--- START ---

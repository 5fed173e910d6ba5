//! The label of a log: a comment in the text that made its table `participant`. A database keeps that text word for word, so
//! a label lies in the log's own file and is copied with it, while the tables are those of a log without one.
ghost use Rattle.std.specs.Prelude.{◌≡◌, ◌≢◌, ℕ, List, None, Ok, IfErr, IfNone, IfOk, IfSome};
ghost use Rattle.std.specs.String.{string_bytes};
ghost use Rattle.sqlite.specs.Held.{state};
ghost use Rattle.sqlite.specs.State.{HasCleanDisk};
ghost use Rattle.xa_log.specs.Contract.{IsStoreFault};
ghost use Rattle.xa_sql_log.specs.Labels.{is_label, labelled};
ghost use Rattle.xa_sql_log.specs.OpenedDatabase.{IsBlank};

use crate::layout::has_log;
use crate::statements::of_store;
use sqlite::{Alter, Connection};
use std::alloc::{AllocError, Global};
use xa_log::LogFault;

/// What stands before the label, and behind it. Without the comment it is the text of a log that has none.
const LABEL_START: &str = "CREATE TABLE participant (inc INTEGER NOT NULL, \
    seq INTEGER NOT NULL, thread INTEGER NOT NULL, rm INTEGER NOT NULL, \
    PRIMARY KEY (inc, seq, thread, rm), \
    FOREIGN KEY (inc, seq) REFERENCES decision (inc, seq) ON DELETE CASCADE /* ";

const LABEL_END: &str = " */)";

const FIND_TEXT: &str = "SELECT sql FROM sqlite_schema WHERE name = 'participant'";

/// Whether a text may be a label: it has letters, digits, `_`, `-` and spaces alone, which end no comment.
pub fn is_label(text: &str) -> bool
    ensures { result ≡ is_label text.now }
{
    text.as_bytes().iter().all(
        |byte| matches!(*byte, b'0'..=b'9' | b'A'..=b'Z' | b'a'..=b'z' | b'_' | b'-' | b' '),
    )
}

/// The text that makes the table of a log with this label.
pub(crate) fn labelled_text(alloc: Global, label: &str) -> Result<String, AllocError>
    ensures { IfOk result (λ text. string_bytes text ≡ labelled label.now) }
{
    let mut text = String::from_str(alloc, LABEL_START)?;
    text.push_str(label)?;
    text.push_str(LABEL_END)?;
    Ok(text)
}

/// The label in such a text.
fn label_in(sql: &[u8]) -> Option<&[u8]>
    ensures found { IfSome result (λ label. sql.now ≡ labelled label.now) }
    ensures none { IfNone result ((label : List ℕ) → sql.now ≢ labelled label) }
{
    sql.strip_prefix(LABEL_START.as_bytes())?
        .strip_suffix(LABEL_END.as_bytes())
}

/// The label of the log in a database, which is empty where the log has none. Where there is no log, there is no label.
pub(crate) fn find_label<S: Alter>(
    alloc: Global,
    conn: &mut Connection<S>,
) -> Result<Option<String>, LogFault>
    ensures honest { HasCleanDisk (state S.Store conn.new) → HasCleanDisk (state S.Store conn.old) }
    ensures blank { IsBlank (state S.Store conn.old) → result ≡ Ok None }
    ensures cause { IfErr result IsStoreFault }
{
    if !has_log(conn) {
        return Ok(None);
    }
    let rows = of_store(conn.query_all(FIND_TEXT, &[]))?;
    let text: String = match rows.first() {
        Some(row) => of_store(row.get(0))?,
        // A log of version 1 has no such table.
        None => String::new(alloc),
    };
    let label = label_in(text.as_bytes()).unwrap_or(b"");
    Ok(Some(String::from_utf8_lossy(alloc, label)?))
}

--- END ---

**Work task:**
Give the records again, complete and exact.

**Answer space:**
repository 5fed173e910d6ba5
//! The label of a log: a comment in the text that made its table `participant`. A database keeps that text word for word, so
//! a label lies in the log's own file and is copied with it, while the tables are those of a log without one.
ghost use Rattle.std.specs.Prelude.{◌≡◌, ◌≢◌, ℕ, List, None, Ok, IfErr, IfNone, IfOk, IfSome};
ghost use Rattle.std.specs.String.{string_bytes};
ghost use Rattle.sqlite.specs.Held.{state};
ghost use Rattle.sqlite.specs.State.{HasCleanDisk};
ghost use Rattle.xa_log.specs.Contract.{IsStoreFault};
ghost use Rattle.xa_sql_log.specs.Labels.{is_label, labelled};
ghost use Rattle.xa_sql_log.specs.OpenedDatabase.{IsBlank};

use crate::layout::has_log;
use crate::statements::of_store;
use sqlite::{Alter, Connection};
use std::alloc::{AllocError, Global};
use xa_log::LogFault;

/// What stands before the label, and behind it. Without the comment it is the text of a log that has none.
const LABEL_START: &str = "CREATE TABLE participant (inc INTEGER NOT NULL, \
    seq INTEGER NOT NULL, thread INTEGER NOT NULL, rm INTEGER NOT NULL, \
    PRIMARY KEY (inc, seq, thread, rm), \
    FOREIGN KEY (inc, seq) REFERENCES decision (inc, seq) ON DELETE CASCADE /* ";

const LABEL_END: &str = " */)";

const FIND_TEXT: &str = "SELECT sql FROM sqlite_schema WHERE name = 'participant'";

/// Whether a text may be a label: it has letters, digits, `_`, `-` and spaces alone, which end no comment.
pub fn is_label(text: &str) -> bool
    ensures { result ≡ is_label text.now }
{
    text.as_bytes().iter().all(
        |byte| matches!(*byte, b'0'..=b'9' | b'A'..=b'Z' | b'a'..=b'z' | b'_' | b'-' | b' '),
    )
}

/// The text that makes the table of a log with this label.
pub(crate) fn labelled_text(alloc: Global, label: &str) -> Result<String, AllocError>
    ensures { IfOk result (λ text. string_bytes text ≡ labelled label.now) }
{
    let mut text = String::from_str(alloc, LABEL_START)?;
    text.push_str(label)?;
    text.push_str(LABEL_END)?;
    Ok(text)
}

/// The label in such a text.
fn label_in(sql: &[u8]) -> Option<&[u8]>
    ensures found { IfSome result (λ label. sql.now ≡ labelled label.now) }
    ensures none { IfNone result ((label : List ℕ) → sql.now ≢ labelled label) }
{
    sql.strip_prefix(LABEL_START.as_bytes())?
        .strip_suffix(LABEL_END.as_bytes())
}

/// The label of the log in a database, which is empty where the log has none. Where there is no log, there is no label.
pub(crate) fn find_label<S: Alter>(
    alloc: Global,
    conn: &mut Connection<S>,
) -> Result<Option<String>, LogFault>
    ensures honest { HasCleanDisk (state S.Store conn.new) → HasCleanDisk (state S.Store conn.old) }
    ensures blank { IsBlank (state S.Store conn.old) → result ≡ Ok None }
    ensures cause { IfErr result IsStoreFault }
{
    if !has_log(conn) {
        return Ok(None);
    }
    let rows = of_store(conn.query_all(FIND_TEXT, &[]))?;
    let text: String = match rows.first() {
        Some(row) => of_store(row.get(0))?,
        // A log of version 1 has no such table.
        None => String::new(alloc),
    };
    let label = label_in(text.as_bytes()).unwrap_or(b"");
    Ok(Some(String::from_utf8_lossy(alloc, label)?))
}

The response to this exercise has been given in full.